Четыре других челна один за другим исчезли в пучине. Малые размеры сделали их легкой добычей, они превратились в метательные снаряды, которые взлетели в небо, и возвращение стало для них роковым. Волна и Ветер живо расправились с ними. Но наше судно сопротивлялось.
Как долго оно продержится?
Барахтаясь во взбесившихся мутных водах, мы неслись в бездну, подгоняемые безумием течения и волнением воздуха. Мы без контроля, вне всякой видимости, уверенные разве что в самом худшем, мчались вперед.
– О нет! – простонал Барак, указывая на полоску земли, куда нас несла Волна.
Я не понял, о чем он.
Сдавленным голосом он уточнил:
– Пещера Охотниц.
Волна с головокружительной скоростью мчалась на утес розового камня, внутри которого мне довелось пережить столь пленительные ночи.
Избежит ли Волна столкновения или же разобьется о розовую скалу?

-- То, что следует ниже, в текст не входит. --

// The lines of a file, one after the other.
ghost use Rattle.std.specs.Prelude.{◌≡◌, ◌≤◌, length};
ghost use Rattle.dictionary_layout.specs.Values.{contents};
ghost use Rattle.ntriples.specs.Reading.{lines};
ghost use Rattle.driver_read.specs.Lines.{Work, Between, LineEnds, line_comes, lines_come, ComesTo};

use crate::triple::read_triple;
use crate::values::{ReadNext, read_next};
use ntriples_lines::{LINE_LIMIT, Said, line};

// Where the line that begins at a place ends: at the next end of a line, or of the file.
fn line_end(file: &[u8], at: usize) -> usize
    requires { at ≤ length file.now }
    ensures { LineEnds file.now at result }
{
    for end in at..file.len() {
        if matches!(file[end], b'\n' | b'\r') {
            return end;
        }
    }
    file.len()
}

// One line, without its end, behind those read before it.
fn read_line(
    table: &mut [u32],
    arena: &mut [u8],
    hash: &mut [u32],
    load: &mut [u32],
    next: ReadNext,
    bytes: &[u8],
    chars: &mut [u32],
    out: &mut [u8],
) -> ReadNext
    requires { Between table.old arena.old hash.old load.old next × Work chars.old out.old }
    ensures { ComesTo (line_comes (contents table.old arena.old next.counters) load.old
        next.count bytes.now) (contents table.old arena.old next.counters)
        table.new arena.new hash.new load.new result }
{
    let c = next.counters;
    if LINE_LIMIT < bytes.len() {
        return read_next(14, next.count, c);
    }
    match line(bytes, &mut *chars, &mut *out) {
        Some(Said::Nothing) => read_next(0, next.count, c),
        Some(Said::Triple(t)) => read_triple(table, arena, hash, load, next, &*out, t),
        None => read_next(13, next.count, c),
    }
}

// All lines, up to the first that is refused.
pub fn read_lines(
    table: &mut [u32],
    arena: &mut [u8],
    hash: &mut [u32],
    load: &mut [u32],
    first: ReadNext,
    file: &[u8],
    chars: &mut [u32],
    out: &mut [u8],
) -> ReadNext
    requires { Between table.old arena.old hash.old load.old first × Work chars.old out.old × (first.number ≡ 0) }
    ensures { ComesTo (lines_come (contents table.old arena.old first.counters) load.old
        first.count (lines file.now)) (contents table.old arena.old first.counters)
        table.new arena.new hash.new load.new result }
{
    let mut next = first;
    let mut at = 0;
    while at <= file.len() {
        let end = line_end(file, at);
        next = read_line(
            &mut *table,
            &mut *arena,
            &mut *hash,
            &mut *load,
            next,
            &file[at..end],
            &mut *chars,
            &mut *out,
        );
        if next.number != 0 {
            return next;
        }
        at = end + 1;
    }
    next
}
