// What an opening call and a pass answer.
use driver_load::RunAnswer;

// What a run answers, and whether the run is done.
#[derive(Clone, Copy)]
pub struct TurnAnswer {
    pub run: RunAnswer,
    pub done: bool,
}
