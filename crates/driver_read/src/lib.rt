// Reading a file of RDF 1.1 N-Triples, REFERENCE 3.5: its terms into the dictionary, its triples into the load, for all inputs.
#![tactic(auto)]

mod values; // values.rt: what reading a file answers, and what a line's terms come to
mod triple; // triple.rt: a line's triple
mod lines; // lines.rt: the lines one after the other

ghost use Rattle.std.specs.Prelude.{◌≡◌, ◌%◌, T, length};
ghost use Rattle.common.specs.Sizes.{load_width};
ghost use Rattle.dictionary_layout.specs.Dictionary.{valid};
ghost use Rattle.dictionary_layout.specs.Values.{contents};
ghost use Rattle.ntriples.specs.Reading.{read_gives};
ghost use Rattle.driver_read.specs.Values.{read_left};

use crate::lines::read_lines;
use crate::values::read_next;
use common::{LOAD_WIDTH, clear_from};
use dictionary_hash::TERM_HASH_LENGTH;
use dictionary_index::{Counters, is_valid};
use dictionary_puts::{index_terms, retract};
use ntriples_lines::{LINE_LIMIT, OUT_LENGTH};
pub use values::ReadNext;

// A read whose dictionary is not broken and whose load has whole triples: at the first line that fails the new terms are taken back, the
// last first, and the load is cleared.
fn read_valid(
    table: &mut [u32],
    arena: &mut [u8],
    counters: Counters,
    file: &[u8],
    load: &mut [u32],
) -> ReadNext
    requires { T (valid (contents table.old arena.old counters)) × (length load.old % load_width ≡ 0) }
    ensures { read_left result table.new arena.new load.new
        ≡ read_gives (contents table.old arena.old counters) load.old file.now }
{
    let mut hash = [0u32; TERM_HASH_LENGTH];
    let mut chars = [0u32; LINE_LIMIT];
    let mut out = [0u8; OUT_LENGTH];
    clear_from(&mut *load, 0);
    index_terms(&*table, &*arena, counters, &mut hash);
    let first = read_next(0, 0, counters);
    let next = read_lines(
        &mut *table,
        &mut *arena,
        &mut hash,
        &mut *load,
        first,
        file,
        &mut chars,
        &mut out,
    );
    if next.number == 0 {
        return next;
    }
    let c = next.counters;
    let left = retract(&mut *table, &mut *arena, c, counters.terms);
    clear_from(&mut *load, 0);
    read_next(next.number, 0, left)
}

// Reads a whole file, or refuses it at its first failing line with nothing left behind.
pub fn read(
    table: &mut [u32],
    arena: &mut [u8],
    counters: Counters,
    file: &[u8],
    load: &mut [u32],
) -> ReadNext
    ensures { read_left result table.new arena.new load.new
        ≡ read_gives (contents table.old arena.old counters) load.old file.now }
{
    if !is_valid(&*table, &*arena, counters) {
        return read_next(1, 0, counters);
    }
    if load.len() % LOAD_WIDTH != 0 {
        return read_next(2, 0, counters);
    }
    read_valid(table, arena, counters, file, load)
}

Мы двигались на каменную стену. Она пугающе быстро приближалась. Бушующая Волна несла нас прямо на нее. Никакой возможности ни притормозить, ни обогнуть препятствие. Скала росла, будто ожидая, когда мы столкнемся с ней.
И тогда я стал свидетелем сцены, воспоминание о которой веками не дает мне покоя. По тропе вдоль гребня обрывистого склона скакала на лошади женщина. Так быстро, что конская грива и женские волосы сплетались и развевались на ветру. Я явственно ощутил, что мышцы скакуна и наездницы тревожно напряжены.

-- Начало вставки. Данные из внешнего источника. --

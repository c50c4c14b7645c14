// A line's triple: its terms are put, and its ids go behind the triples that the load holds.
ghost use Rattle.std.specs.Prelude.{◌≡◌, None};
ghost use Rattle.common.specs.Values.{triple_of};
ghost use Rattle.dictionary_layout.specs.Values.{contents};
ghost use Rattle.dictionary_puts.specs.Indexed.{Indexed};
ghost use Rattle.driver_read.specs.Lines.{PutsTerms, Rows, Adds, Between, said_comes, ComesTo};
ghost use Rattle.ntriples.specs.Grammar.{says};
ghost use Rattle.ntriples_lines.specs.Promises.{Ordered, terms_at};
ghost use Rattle.ntriples.specs.Reading.{all_short};

use crate::values::{LineIds, ReadNext, read_next};
use common::{LOAD_LIMIT, LOAD_WIDTH, TERM_LIMIT, Triple};
use dictionary_index::Counters;
use dictionary_puts::put_indexed;
use ntriples_lines::LineTerms;

// Whether no term of a line is too long.
fn all_short(t: LineTerms, out: &[u8]) -> bool
    requires { Ordered t out.now }
    ensures { result ≡ all_short (terms_at t out.now) }
{
    t.subject_end <= TERM_LIMIT
        && t.predicate_end - t.subject_end <= TERM_LIMIT
        && t.object_end - t.predicate_end <= TERM_LIMIT
}

// Terms one of which has no room.
fn no_room(counters: Counters) -> LineIds
    ensures { result ≡ record { triple = None; counters = counters } }
{
    LineIds {
        triple: None,
        counters,
    }
}

// Puts the terms of a line, subject first, up to the first that has no room.
fn put_terms(
    table: &mut [u32],
    arena: &mut [u8],
    hash: &mut [u32],
    counters: Counters,
    out: &[u8],
    t: LineTerms,
) -> LineIds
    requires { Indexed (contents table.old arena.old counters) hash.old × Ordered t out.now }
    ensures { PutsTerms (contents table.old arena.old counters) (terms_at t out.now)
        table.new arena.new hash.new result }
{
    let s_end = t.subject_end;
    let p_end = t.predicate_end;
    let o_end = t.object_end;
    let Ok(s) = put_indexed(
        &mut *table,
        &mut *arena,
        counters,
        &mut *hash,
        t.subject_kind,
        &out[..s_end],
    ) else {
        return no_room(counters);
    };
    let c = s.counters;
    let Ok(p) = put_indexed(
        &mut *table,
        &mut *arena,
        c,
        &mut *hash,
        1,
        &out[s_end..p_end],
    ) else {
        return no_room(c);
    };
    let c = p.counters;
    let Ok(o) = put_indexed(
        &mut *table,
        &mut *arena,
        c,
        &mut *hash,
        t.object_kind,
        &out[p_end..o_end],
    ) else {
        return no_room(c);
    };
    let triple = Triple {
        s: s.id,
        p: p.id,
        o: o.id,
    };
    LineIds {
        triple: Some(triple),
        counters: o.counters,
    }
}

// Writes a triple behind the first `count` of a load, where it has room for one more.
fn add_triple(load: &mut [u32], count: u32, t: Triple) -> bool
    requires { Rows load.old count }
    ensures { Adds load.old count (triple_of t) result load.new }
{
    let n = count as usize;
    let at = LOAD_WIDTH * n;
    if LOAD_LIMIT <= n || load.len() < at + LOAD_WIDTH {
        return false;
    }
    load[at] = t.s.0;
    load[at + 1] = t.p.0;
    load[at + 2] = t.o.0;
    true
}

// A line that says a triple.
pub fn read_triple(
    table: &mut [u32],
    arena: &mut [u8],
    hash: &mut [u32],
    load: &mut [u32],
    next: ReadNext,
    out: &[u8],
    t: LineTerms,
) -> ReadNext
    requires { Between table.old arena.old hash.old load.old next × Ordered t out.now }
    ensures { ComesTo (said_comes (contents table.old arena.old next.counters) load.old
        next.count (says (terms_at t out.now)))
        (contents table.old arena.old next.counters)
        table.new arena.new hash.new load.new result }
{
    let c = next.counters;
    if !all_short(t, out) {
        return read_next(11, next.count, c);
    }
    let ids = put_terms(&mut *table, &mut *arena, &mut *hash, c, out, t);
    let c = ids.counters;
    let Some(triple) = ids.triple else {
        return read_next(7, next.count, c);
    };
    if add_triple(&mut *load, next.count, triple) {
        return read_next(0, next.count + 1, c);
    }
    read_next(3, next.count, c)
}
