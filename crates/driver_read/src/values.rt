// What reading a file answers, and what a line's terms come to.
ghost use Rattle.std.specs.Prelude.{◌≡◌};

use common::Triple;
use dictionary_index::Counters;

// The refusal's number, the count of the triples, and the counters as they are afterwards.
#[derive(Clone, Copy)]
pub struct ReadNext {
    pub number: u32,
    pub count: u32,
    pub counters: Counters,
}

// The ids of a line's terms, none where one of them has no room; and the counters as they are afterwards.
#[derive(Clone, Copy)]
pub struct LineIds {
    pub triple: Option<Triple>,
    pub counters: Counters,
}

// An answer with these numbers.
pub fn read_next(number: u32, count: u32, counters: Counters) -> ReadNext
    ensures { result ≡ record { number = number; count = count; counters = counters } }
{
    ReadNext {
        number,
        count,
        counters,
    }
}
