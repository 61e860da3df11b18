//! Deliveries and Joins: how the results of children come back.

ghost use Rattle.std.specs.Prelude.{◌≡◌, ◌≤◌, ◌<◌, ◌+◌, ℕ, Bool, List, [], ◌∷◌, length, false, IsTrue};
ghost use Rattle.thread_state.specs.Passed.States.{Setting};
ghost use Rattle.depth_first_list.specs.Facts.{words_at};
ghost use Rattle.node_table.specs.Table.{Table};
ghost use Rattle.thread_state.specs.Joins.{released, words_released};
ghost use Rattle.std.specs.Prelude.{option_copied};
ghost use Rattle.language_limits.specs.declared.TheConstants.{GREATEST_COUNT};
ghost use Rattle.thread_frames.specs.Views.{newest as newest_child, result_of};
ghost use Rattle.thread_frames.specs.Children.{place_in};
ghost use Rattle.thread_frames.specs.Joining.{JoinsState, CanJoin};

use crate::ended::Ended;
use crate::open_child::OpenChild;
use crate::prepared::Prepared;
use crate::thread::Thread;
use dag_order::ThreadId;
use std::mem;
use thread_output::Told;
use thread_stack::Branch;
use thread_state::{ReleasedRows, ThreadState};

impl Thread {
    ghost use Rattle.thread_frames.specs.Views.{Child, children_of, next_of, label_of, done_of, forks_of, thread_words, ended_words, join_words_of, newest};
    ghost use Rattle.thread_frames.specs.Children.{IsOnlyNewest, IsAwaited, with_delivered, is_delivered};
    ghost use Rattle.thread_frames.specs.Points.{IsAtPoint, IsPlaced, IsResult};
    ghost use Rattle.thread_frames.specs.Actions.{IsJoin, IsSame, HasJoined, is_there};

    /// Whether the open child of this id is delivered; false also where no open child has it.
    pub fn delivered(&self, child: ThreadId) -> bool
        ensures { result ≡ is_delivered child (children_of self.now) }
    {
        match place_of(&self.children, child) {
            Some(place) => self.children[place].ended.is_some(),
            None => false,
        }
    }

    /// The result of an open child comes to its parent, where it waits for the Join. The thread stays at its point.
    pub fn deliver(&mut self, child: Ended)
        requires awaited { IsAwaited (label_of self.old) child (children_of self.old) }
        ensures same { IsSame self.old self.new }
        ensures done { done_of self.new ≡ done_of self.old }
        ensures forks { forks_of self.new ≡ forks_of self.old }
        ensures children { children_of self.new ≡ with_delivered child.id (children_of self.old) }
        ensures next { next_of self.new ≡ next_of self.old }
        ensures words { thread_words self.new ≡ thread_words self.old + ended_words child }
        ensures joins { IsOnlyNewest child.id (children_of self.old) → join_words_of self.new ≡ released self.old.run.state child.state }
        ensures point { (t : Table) (k : ℕ) → IsAtPoint t k self.old → IsResult t k child → IsAtPoint t k self.new }
    {
        let Some(place) = place_of(&self.children, child.id) else {
            unreachable!();
        };
        self.children[place].ended = Some(child);
    }

    /// How many words the Join that is prepared gives back.
    pub fn join_releases(&self) -> u64
        requires delivered { IsTrue (is_there (newest (children_of self.now))) }
        ensures { result ≡ join_words_of self.now }
    {
        match newest_result(&self.children) {
            Some(ended) => self.run.state.join_releases(&ended.state),
            None => unreachable!(),
        }
    }

    /// What `join_releases` answers once this result is delivered, where it is that of the newest open child.
    pub fn would_release(&self, child: &Ended) -> u64
        ensures { result ≡ released self.now.run.state child.now.state }
    {
        self.run.state.join_releases(&child.state)
    }

    /// Does the Join that is prepared: what the child brings is taken in, or comes out for the pool if a fault ended the child or its
    /// parent. Returns the words that come out and the rows with them, which the caller gives to the pool.
    pub fn do_join(&mut self) -> (u64, ReleasedRows)
        requires placed { IsPlaced self.old }
        requires next { IsJoin (next_of self.old) }
        requires delivered { IsTrue (is_there (newest (children_of self.old))) }
        requires count { done_of self.old < GREATEST_COUNT }
        ensures words { result.0 ≡ join_words_of self.old }
        ensures rows { words_released result.1 ≡ join_words_of self.old }
        ensures joined { HasJoined result.0 self.old self.new }
        ensures point { (t : Table) (k : ℕ) → IsAtPoint t k self.old → IsAtPoint t k self.new }
    {
        let Prepared::Join { branch, assigned } = mem::replace(
            &mut self.prepared,
            Prepared::Nothing,
        ) else {
            unreachable!();
        };
        let Some(child) = self.children.pop() else {
            unreachable!();
        };
        let OpenChild { before, ended, .. } = child;
        let Some(ended) = ended else {
            unreachable!();
        };
        let words = self.run.state.join_releases(&ended.state);
        let rows = join_state(&mut self.run.state, branch, ended.state, &assigned);
        let alloc = *assigned.allocator();
        let own = mem::replace(&mut self.run.told, Told::new(alloc));
        self.run.told = before.then(ended.told.then(own));
        (words, rows)
    }
}

/// The place of the open child of this id, the oldest first.
fn place_of(children: &Vec<OpenChild>, id: ThreadId) -> Option<usize>
    ensures { result ≡ place_in id children.now.items }
{
    for place in 0..children.len() {
        if children[place].id == id {
            return Some(place);
        }
    }
    None
}

/// The result of the newest open child, where it is delivered.
fn newest_result(children: &Vec<OpenChild>) -> Option<&Ended>
    ensures { option_copied result ≡ result_of (newest_child children.now.items) }
{
    match children.last() {
        Some(child) => child.ended.as_ref(),
        None => None,
    }
}

/// The Join of the state of a thread; the answer is what comes out of it.
fn join_state(
    state: &mut ThreadState,
    branch: Branch,
    child: ThreadState,
    assigned: &[u16],
) -> ReleasedRows
    requires count { state.old.done < GREATEST_COUNT }
    requires can { state.old.faulted ≡ false → child.faulted ≡ false → CanJoin branch assigned.now state.old child }
    ensures state { JoinsState branch assigned.now state.old state.new child }
    ensures words { words_released result ≡ released state.old child }
{
    match branch {
        Branch::Par(_) => state.join(child, assigned),
        Branch::Dummies => state.join_dummies(child),
    }
}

Женщина внезапно повернула голову в мою сторону, чтобы взглянуть на наступающую на нее Волну.
Сердце вздрогнуло у меня в груди. Я крикнул:
– Тита!
Она продолжала свое отчаянное бегство, сжимая бока коня ногами, чтобы его подстегнуть. Разве она могла меня услышать, глухонемая Охотница?
В своем страстном упорстве рассечь воздух она была величественна и нелепа. Ей не уйти от Волны, которая неизбежно поглотит ее, однако она не принимала поражения и была готова биться до конца – непримиримая, великолепная, неукротимая.
Подавшись вперед, я разглядел, что животом Тита что-то прижимает к спине коня: она затеяла эту сумасшедшую гонку в стремлении спасти своего ребенка.
Охотница в последний раз обернулась к Волне, готовой поглотить ее. Заметила ли меня? Сегодня, когда я пишу эти строки, я по-прежнему убежден, что да. Это подтвердил ее поступок. Иначе его можно было бы счесть безумием. Да, она меня заметила! Ее испуганные глаза вспыхнули, она узнала меня, она испытала мгновенный прилив надежды. Иначе как объяснить, что она схватила младенца и неожиданно с немыслимой силой метнула его как можно выше и дальше в сторону нашего судна?
Она успела только проследить его траекторию, убедиться, что я на лету поймал ребенка, и Волна, накрыв, унесла ее в свои бурные глубины.
Я взглянул на младенца в своих руках.
Он не хныкал. Он таращил кроткие глазки, не ведая о жестокости этого мира.
Я улыбнулся ему. Он ответил мне тем же. Так я познакомился со своим сыном…
Что произошло? Внутри у меня все оборвалось. Притом что я отважно преодолевал самые разнообразные трудности, доверчивое личико малыша совершенно потрясло меня. Не в силах сдерживаться, я разрыдался.
Потом небо заволокло, и все погрузилось во тьму.
Ни луны, ни звезд.
Непроницаемая тьма. Черно вверху. Черно внизу.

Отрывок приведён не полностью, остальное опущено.